Saved data entries:
┄┄┄┄┄┄┄┄┄┄

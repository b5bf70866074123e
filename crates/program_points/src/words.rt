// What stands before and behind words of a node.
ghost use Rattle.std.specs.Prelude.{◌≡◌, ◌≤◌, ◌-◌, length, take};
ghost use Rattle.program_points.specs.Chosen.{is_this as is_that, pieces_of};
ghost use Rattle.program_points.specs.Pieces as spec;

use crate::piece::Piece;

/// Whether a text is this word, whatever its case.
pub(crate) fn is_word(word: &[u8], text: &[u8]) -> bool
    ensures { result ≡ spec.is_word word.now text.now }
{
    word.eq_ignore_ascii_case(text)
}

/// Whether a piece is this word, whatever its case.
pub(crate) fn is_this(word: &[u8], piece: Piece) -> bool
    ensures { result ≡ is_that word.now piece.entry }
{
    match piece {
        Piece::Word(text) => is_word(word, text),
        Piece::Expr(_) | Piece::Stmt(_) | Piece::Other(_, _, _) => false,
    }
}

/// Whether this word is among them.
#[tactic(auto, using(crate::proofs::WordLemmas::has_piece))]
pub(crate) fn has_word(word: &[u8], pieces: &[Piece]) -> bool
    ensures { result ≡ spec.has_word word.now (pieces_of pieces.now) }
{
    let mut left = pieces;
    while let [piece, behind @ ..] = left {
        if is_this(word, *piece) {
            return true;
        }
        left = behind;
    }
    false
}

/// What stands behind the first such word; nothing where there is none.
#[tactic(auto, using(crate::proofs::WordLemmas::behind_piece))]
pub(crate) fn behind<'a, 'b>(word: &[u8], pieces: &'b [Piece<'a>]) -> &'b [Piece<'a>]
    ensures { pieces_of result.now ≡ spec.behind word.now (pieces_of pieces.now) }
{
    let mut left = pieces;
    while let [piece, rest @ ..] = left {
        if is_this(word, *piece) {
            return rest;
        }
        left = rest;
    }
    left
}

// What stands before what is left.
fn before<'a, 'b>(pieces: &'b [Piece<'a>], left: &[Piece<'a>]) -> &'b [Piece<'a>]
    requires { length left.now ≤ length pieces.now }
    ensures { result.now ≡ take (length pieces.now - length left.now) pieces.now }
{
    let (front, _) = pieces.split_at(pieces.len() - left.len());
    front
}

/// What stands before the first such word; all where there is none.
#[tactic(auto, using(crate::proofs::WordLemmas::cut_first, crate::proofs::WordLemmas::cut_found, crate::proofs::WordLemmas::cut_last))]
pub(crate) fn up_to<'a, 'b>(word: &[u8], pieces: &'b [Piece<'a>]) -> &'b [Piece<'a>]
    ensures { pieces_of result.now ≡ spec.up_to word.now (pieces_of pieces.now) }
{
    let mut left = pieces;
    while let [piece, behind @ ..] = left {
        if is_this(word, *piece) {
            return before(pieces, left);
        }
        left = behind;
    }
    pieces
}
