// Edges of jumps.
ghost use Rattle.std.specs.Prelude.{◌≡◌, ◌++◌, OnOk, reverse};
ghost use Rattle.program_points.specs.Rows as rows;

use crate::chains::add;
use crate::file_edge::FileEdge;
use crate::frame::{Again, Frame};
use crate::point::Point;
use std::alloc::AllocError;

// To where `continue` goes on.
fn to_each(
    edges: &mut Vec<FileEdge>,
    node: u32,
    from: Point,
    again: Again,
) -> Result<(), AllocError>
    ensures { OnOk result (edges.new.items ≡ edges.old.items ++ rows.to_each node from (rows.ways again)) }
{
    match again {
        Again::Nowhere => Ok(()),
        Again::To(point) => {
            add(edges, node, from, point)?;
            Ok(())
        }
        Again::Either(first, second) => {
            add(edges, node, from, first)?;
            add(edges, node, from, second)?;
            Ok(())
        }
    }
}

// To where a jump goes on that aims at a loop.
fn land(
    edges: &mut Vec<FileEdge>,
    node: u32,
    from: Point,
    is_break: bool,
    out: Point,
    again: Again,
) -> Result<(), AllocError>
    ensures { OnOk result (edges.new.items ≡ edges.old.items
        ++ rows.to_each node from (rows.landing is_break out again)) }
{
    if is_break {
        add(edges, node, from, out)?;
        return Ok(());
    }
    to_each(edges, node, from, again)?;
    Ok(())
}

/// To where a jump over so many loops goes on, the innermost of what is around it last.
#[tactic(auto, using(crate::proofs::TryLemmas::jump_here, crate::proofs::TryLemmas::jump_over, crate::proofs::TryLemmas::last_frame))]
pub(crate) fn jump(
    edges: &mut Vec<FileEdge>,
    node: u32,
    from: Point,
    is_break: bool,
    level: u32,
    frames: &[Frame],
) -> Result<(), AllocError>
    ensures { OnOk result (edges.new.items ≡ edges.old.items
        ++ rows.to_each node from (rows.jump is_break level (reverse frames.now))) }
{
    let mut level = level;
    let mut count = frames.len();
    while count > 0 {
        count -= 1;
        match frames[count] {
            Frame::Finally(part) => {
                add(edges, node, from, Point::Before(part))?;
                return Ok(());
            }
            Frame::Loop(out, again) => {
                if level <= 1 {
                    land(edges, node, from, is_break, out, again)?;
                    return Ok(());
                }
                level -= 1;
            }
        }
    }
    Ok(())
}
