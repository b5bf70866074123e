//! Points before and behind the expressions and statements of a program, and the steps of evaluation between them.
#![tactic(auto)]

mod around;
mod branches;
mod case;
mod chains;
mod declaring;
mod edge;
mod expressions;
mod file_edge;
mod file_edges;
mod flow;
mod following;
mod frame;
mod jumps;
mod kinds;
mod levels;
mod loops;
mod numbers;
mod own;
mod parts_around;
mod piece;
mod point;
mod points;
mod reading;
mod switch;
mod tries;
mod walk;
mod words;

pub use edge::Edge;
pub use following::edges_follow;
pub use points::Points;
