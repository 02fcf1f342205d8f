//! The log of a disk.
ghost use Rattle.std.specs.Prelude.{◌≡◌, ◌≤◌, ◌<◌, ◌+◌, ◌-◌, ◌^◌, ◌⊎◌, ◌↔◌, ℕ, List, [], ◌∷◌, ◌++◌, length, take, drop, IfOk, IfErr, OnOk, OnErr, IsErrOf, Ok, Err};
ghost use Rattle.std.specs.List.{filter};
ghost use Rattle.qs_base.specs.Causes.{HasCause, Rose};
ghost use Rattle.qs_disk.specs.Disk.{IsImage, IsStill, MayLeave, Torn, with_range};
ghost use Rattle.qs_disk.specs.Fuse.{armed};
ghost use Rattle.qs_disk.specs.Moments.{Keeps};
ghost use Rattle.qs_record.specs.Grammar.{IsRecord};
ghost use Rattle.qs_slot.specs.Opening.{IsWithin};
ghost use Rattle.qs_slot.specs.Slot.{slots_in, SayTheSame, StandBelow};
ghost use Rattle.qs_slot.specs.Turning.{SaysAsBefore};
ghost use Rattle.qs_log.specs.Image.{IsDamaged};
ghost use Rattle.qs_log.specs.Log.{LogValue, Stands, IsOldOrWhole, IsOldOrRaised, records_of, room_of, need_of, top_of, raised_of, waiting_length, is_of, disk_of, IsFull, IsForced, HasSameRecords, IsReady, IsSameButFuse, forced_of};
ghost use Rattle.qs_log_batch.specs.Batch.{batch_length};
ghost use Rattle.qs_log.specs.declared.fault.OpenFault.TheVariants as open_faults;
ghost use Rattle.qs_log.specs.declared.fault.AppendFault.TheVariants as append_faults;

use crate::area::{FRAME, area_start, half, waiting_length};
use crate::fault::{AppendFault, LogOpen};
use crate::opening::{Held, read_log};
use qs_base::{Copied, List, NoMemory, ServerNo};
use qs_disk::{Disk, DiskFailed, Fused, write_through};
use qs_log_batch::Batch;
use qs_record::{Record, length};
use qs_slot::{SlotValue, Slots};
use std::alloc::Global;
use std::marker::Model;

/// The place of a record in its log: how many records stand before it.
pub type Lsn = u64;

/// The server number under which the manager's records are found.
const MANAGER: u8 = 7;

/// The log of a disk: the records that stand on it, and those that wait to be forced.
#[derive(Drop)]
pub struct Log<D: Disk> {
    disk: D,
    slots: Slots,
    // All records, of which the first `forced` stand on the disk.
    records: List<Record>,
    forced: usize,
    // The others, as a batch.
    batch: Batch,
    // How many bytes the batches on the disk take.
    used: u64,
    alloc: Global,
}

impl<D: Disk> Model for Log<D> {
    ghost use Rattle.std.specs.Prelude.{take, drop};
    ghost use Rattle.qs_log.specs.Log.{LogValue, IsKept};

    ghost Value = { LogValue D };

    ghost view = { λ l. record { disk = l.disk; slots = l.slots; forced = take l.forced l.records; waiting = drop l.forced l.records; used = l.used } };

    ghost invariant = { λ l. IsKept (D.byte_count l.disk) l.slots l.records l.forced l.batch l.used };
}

┄┄┄┄┄┄┄┄┄┄

Give back, word for word, only the lines above from the line holding "result ≡ is_that" to the line holding "pub(crate) fn has_word(word: &[u8], pieces: &[Piece])", both included.

__Solution to this problem__
    ensures { result ≡ is_that word.now piece.entry }
{
    match piece {
        Piece::Word(text) => is_word(word, text),
        Piece::Expr(_) | Piece::Stmt(_) | Piece::Other(_, _, _) => false,
    }
}

/// Whether this word is among them.
#[tactic(auto, using(crate::proofs::WordLemmas::has_piece))]
pub(crate) fn has_word(word: &[u8], pieces: &[Piece]) -> bool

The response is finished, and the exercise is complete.